Field | Type | Required | Description | Example |
Name | string | Yes | The name of the state. | my-state-name |
Description | string | No | The description of the state. | describe it here |
Type | string | Yes | The type of the state. | Map |
InputConstructor | map[string]any | No | The input constructor. | See Inputs and outputs. |
ItemsPath | string | Yes | The expression that is used to extract an array within an input. | See the ItemsPath section of this topic. |
ItemBatcher | ItemBatcher | No | Combines multiple items into a batch, which is used as the input of a sub-workflow execution. | See the ItemBatcher section of this topic. |
ItemReader | ItemReader | No | Reads data from OSS buckets. | See the ItemReader section of this topic. |
ItemConstructor | ItemConstructor | No |
| See the ItemConstructor section of this topic. |
ResultWriter | ResultWriter | No | Writes the results of sub-workflow executions to a specified OSS bucket. | See the ResultWriter section of this topic. |
MaxConcuccency | int | No | Specifies the maximum number of concurrent sub-workflow executions. | 40 |
MaxItems | MaxItems | No | Specifies the maximum number of items that can be executed by the Map state machine. | See the MaxItems section of this topic. |
ToleratedFailurePercentage | ToleratedFailurePercentage | No | Specifies the percentage of failure that can be tolerated in an operation. | See the ToleratedFailurePercentage section of this topic. |
ToleratedFailureCount | ToleratedFailureCount | No | Specifies the times of failure that can be tolerated in an operation. | See the ToleratedFailureCount section of this topic. |
Processor | Processor | Yes | The Map processor. | See the Processor section of this topic. |
ProcessorConfig | ProcessorConfig | Yes | The processor configurations. | See the ProcessorConfig section of this topic. |
OutputConstructor | map[string]any | No | The output constructor. | See the OutputConstructor section of the "Inputs and outputs" topic. |
Next | string | No | The next state that is executed after the current state is complete. If the value of the End field is true, leave this field empty. | my-next-state |
End | bool | No | Specifies whether the state is the terminal state of the current scope. | true |
Retry | Retry | No | Defines the error retry policy. | See Error handling. |
Catch | Catch | No | Defines the error catch policy. | See Error handling. |
Usage limits
Quota limits
The following table describes the quota limits of distributed mode. If the default quota cannot meet your business requirements, you can submit a ticket to request for a larger quota.

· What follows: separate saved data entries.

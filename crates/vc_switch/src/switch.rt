//! A switch: the calls by which it is run, each a step of the switch.
//!
//! A link is named by its number at the switch, 0 to 31. A question about another is answered false, or with nothing. Only
//! [`Switch::new`] takes memory.
ghost use Rattle.std.specs.Prelude.{◌≡◌, ◌<◌, ◌≤◌, ◌↔◌, ◌++◌, ℕ, List, length, drop, None, Some, IsTrue, IsOk, IfOk, MatchOption};
ghost use Rattle.std.specs.Int.{bit_at};
ghost use Rattle.std.specs.List.{AllByRecursion};
ghost use Rattle.vc_packets.specs.Counters.{one_more};
ghost use Rattle.vc_tokens.specs.CodeTokens.{token, tokens};
ghost use Rattle.vc_tokens.specs.Tokens.{Byte, Fct, EndMark};
ghost use Rattle.vc_credit.specs.Ends.{IsFront};
ghost use Rattle.vc_credit.specs.Laws.{NeedsPlace};
ghost use Rattle.vc_switch.specs.Waiting.{Wormhole};
ghost use Rattle.vc_switch.specs.Forward.{IsDrawn, least_of};
ghost use Rattle.vc_switch.specs.Switch.{new_switch, BodyLeaves, Comes, Passes, Routes, Sends, SendsFct};
ghost use Rattle.vc_switch.specs.Able.{CanPass, CanRoute, CanPut, CanGrant, CanLeave, IsFirst, IsFree};
ghost use Rattle.vc_switch.specs.Opening.{plan_given, IsRandomInput};
ghost use Rattle.vc_switch.specs.State.{plan_of, limit_of, IsSwitch};
ghost use Rattle.vc_switch.specs.SwitchView.{seen, IsKept};
ghost use Rattle.vc_switch.specs.Private.Ready.{Waits};
ghost use Rattle.vc_switch.specs.Private.Requests.{AsksFor};
ghost use Rattle.vc_switch.specs.Private.SwitchView.{IsBoundTo, IsNext};

use crate::front::find_front;
use crate::link_in::{Bound, LinkIn};
use crate::link_out::LinkOut;
use crate::opening::{self, LINKS};
use crate::random_range::{RandomRange, draw};
use crate::switch_plan::SwitchPlan;
use std::alloc::Global;
use std::marker::Model;
use vc_labels::Table;
use vc_packets::{Mark, Memory};
use vc_tokens::Token;

/// A switch: its table, what its links do with headers, and the two ends of its 32 links.
#[derive(Drop)]
pub struct Switch {
    table: Table,
    ranges: Vec<Option<RandomRange>>,
    deletes: Vec<bool>,
    inputs: Vec<LinkIn>,
    outputs: Vec<LinkOut>,
    lost: u64,
}

impl Model for Switch {
    ghost use Rattle.vc_switch.specs.State.{State, IsSwitch};

    ghost Value = { State };

    ghost view = { λ x. record {
      table = x.table;
      ranges = x.ranges.items;
      deletes = x.deletes.items;
      inputs = x.inputs.items;
      outputs = x.outputs.items;
      lost = x.lost;
    } };

    ghost invariant = { λ x. IsSwitch (record {
      table = x.table;
      ranges = x.ranges.items;
      deletes = x.deletes.items;
      inputs = x.inputs.items;
      outputs = x.outputs.items;
      lost = x.lost;
    }) };
}
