//! The program `vcnet`: it checks and runs a network that is written as JSON on standard input.
#![tactic(auto)]

mod progress;

use crate::progress::{Line, Screen};
use crossbeam_utils::sync::Parker;
use std::alloc::{AllocError, Global};
use std::io::{Eprint, IsTerminal, Read, Write};
use std::process::ExitCode;
use std::sync::Wait;
use std::thread::Threads;
use std::time::Clock;
use std::{io, thread};
use vc_words::{Meter, NamedFiles, Progress, progress_for, run_words, tell_memory, tell_no_text};

/// The words of the command line.
fn words_of(rt: &HostRuntime, alloc: Global) -> io::Result<Vec<String>> {
    Ok(std::env::args(rt)?.collect(alloc)?)
}

/// Which of the two streams of output are terminals.
#[derive(Clone, Copy, Drop)]
struct Terminals {
    out: bool,
    err: bool,
}

/// Does what the words ask for, and shows meanwhile how far that is. The answer is the program's status.
fn status_shown<T: Clock + Eprint + NamedFiles + Threads + Wait + Sync, R: Read, W: Write>(
    rt: &T,
    words: &[&str],
    reader: &mut R,
    writer: &mut W,
    terminals: Terminals,
    progress: Progress,
    alloc: Global,
) -> Result<u8, AllocError> {
    let meter = Meter::new();
    let line = Line::new(rt);
    let parker = Parker::new(alloc)?;
    let unparker = parker.unparker().clone()?;
    let (meter, line) = (&meter, &line);
    let shared = if terminals.out { Some(line) } else { None };
    let mut screen = Screen::new(writer, shared);
    let reader = &mut *reader;
    Ok(thread::scope(thread::scope_env(), rt, move |scope| {
        let shown = scope.spawn(move || line.follow(&parker, progress, meter));
        let status = run_words(rt, alloc, words, reader, &mut screen, meter);
        line.end();
        unparker.unpark();
        if let Ok(shown) = shown {
            shown.join(rt);
        }
        status
    }))
}

/// Does what these words ask for; the answer is the program's status.
fn status_of<T: Clock + Eprint + NamedFiles + Threads + Wait + Sync, R: Read, W: Write>(
    rt: &T,
    alloc: Global,
    texts: &[String],
    reader: &mut R,
    writer: &mut W,
    terminals: Terminals,
) -> Result<u8, AllocError> {
    let mut words = Vec::new(alloc);
    for text in texts {
        words.push(text.as_str())?;
    }
    let words = words.as_slice();
    match progress_for(alloc, words, terminals.err) {
        Ok(Some(progress)) => {
            status_shown(rt, words, reader, writer, terminals, progress, alloc)
        }
        _ => Ok(run_words(rt, alloc, words, reader, writer, &Meter::new())),
    }
}

/// What the words that could not be read give: want of memory, or they are no text.
fn status_without_words(rt: &HostRuntime, alloc: Global, error: &io::Error) -> u8 {
    if error.kind() == io::ErrorKind::OutOfMemory {
        tell_memory(alloc, &mut rt.stdout())
    } else {
        tell_no_text(&mut rt.stdout())
    }
}

fn main(rt: HostRuntime) -> ExitCode {
    let alloc = rt.alloc();
    let terminals = Terminals {
        out: rt.stdout().is_terminal(),
        err: rt.stderr().is_terminal(),
    };
    ExitCode::from(match words_of(&rt, alloc) {
        Ok(texts) => match status_of(
            &rt,
            alloc,
            texts.as_slice(),
            &mut rt.stdin(),
            &mut rt.stdout(),
            terminals,
        ) {
            Ok(status) => status,
            Err(AllocError) => tell_memory(alloc, &mut rt.stdout()),
        },
        Err(error) => status_without_words(&rt, alloc, &error),
    })
}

Quota name | Description | Default value |
MaxOpenMapRun | The maximum number of distributed Map states that can be simultaneously executed within a single account in each region. | 10 |
MaxConcurrency | The maximum number of Map states that can be simultaneously executed within a single MapRun task. | 300 |
MaxItems | The maximum number of items that can be read within a single MapRun task. | 10000 |
Role limits
To execute Map states in distributed mode, you must have the following permissions. For more information about how to create a role policy, see Create a policy.
{
"Version": "1",
"Statement": [
{
"Effect": "Allow",
"Action": [
"oss:HeadObject",
"oss:GetObjectMeta",
"oss:GetObject",
"oss:PutObject",
"oss:ListObjectsV2",
"oss:ListObjects",
"oss:InitiateMultipartUpload",
"oss:UploadPart",
"oss:CompleteMultipartUpload",
"oss:AbortMultipartUpload",
"oss:ListMultipartUploads",
"oss:ListParts"
],
"Resource": "*"
}
]
}
Key fields in distributed mode
If ItemConstructor, ItemsPath, and ItemBatcher are configured, they are executed in the sequence of ItemsPath, ItemConstructor, and ItemBatcher.
ItemsPath
The expression that is used to extract arrays from an input. If a JSON array is returned after an ItemsPath expression is executed, the Map state can be executed. Each object in the array is passed to ItemProcessor for processing. You can use the $Context and $Input variables to extract arrays, as shown in the following example:
$Input.FieldA
Processor
The Map processor. The following table describes the fields in Processor.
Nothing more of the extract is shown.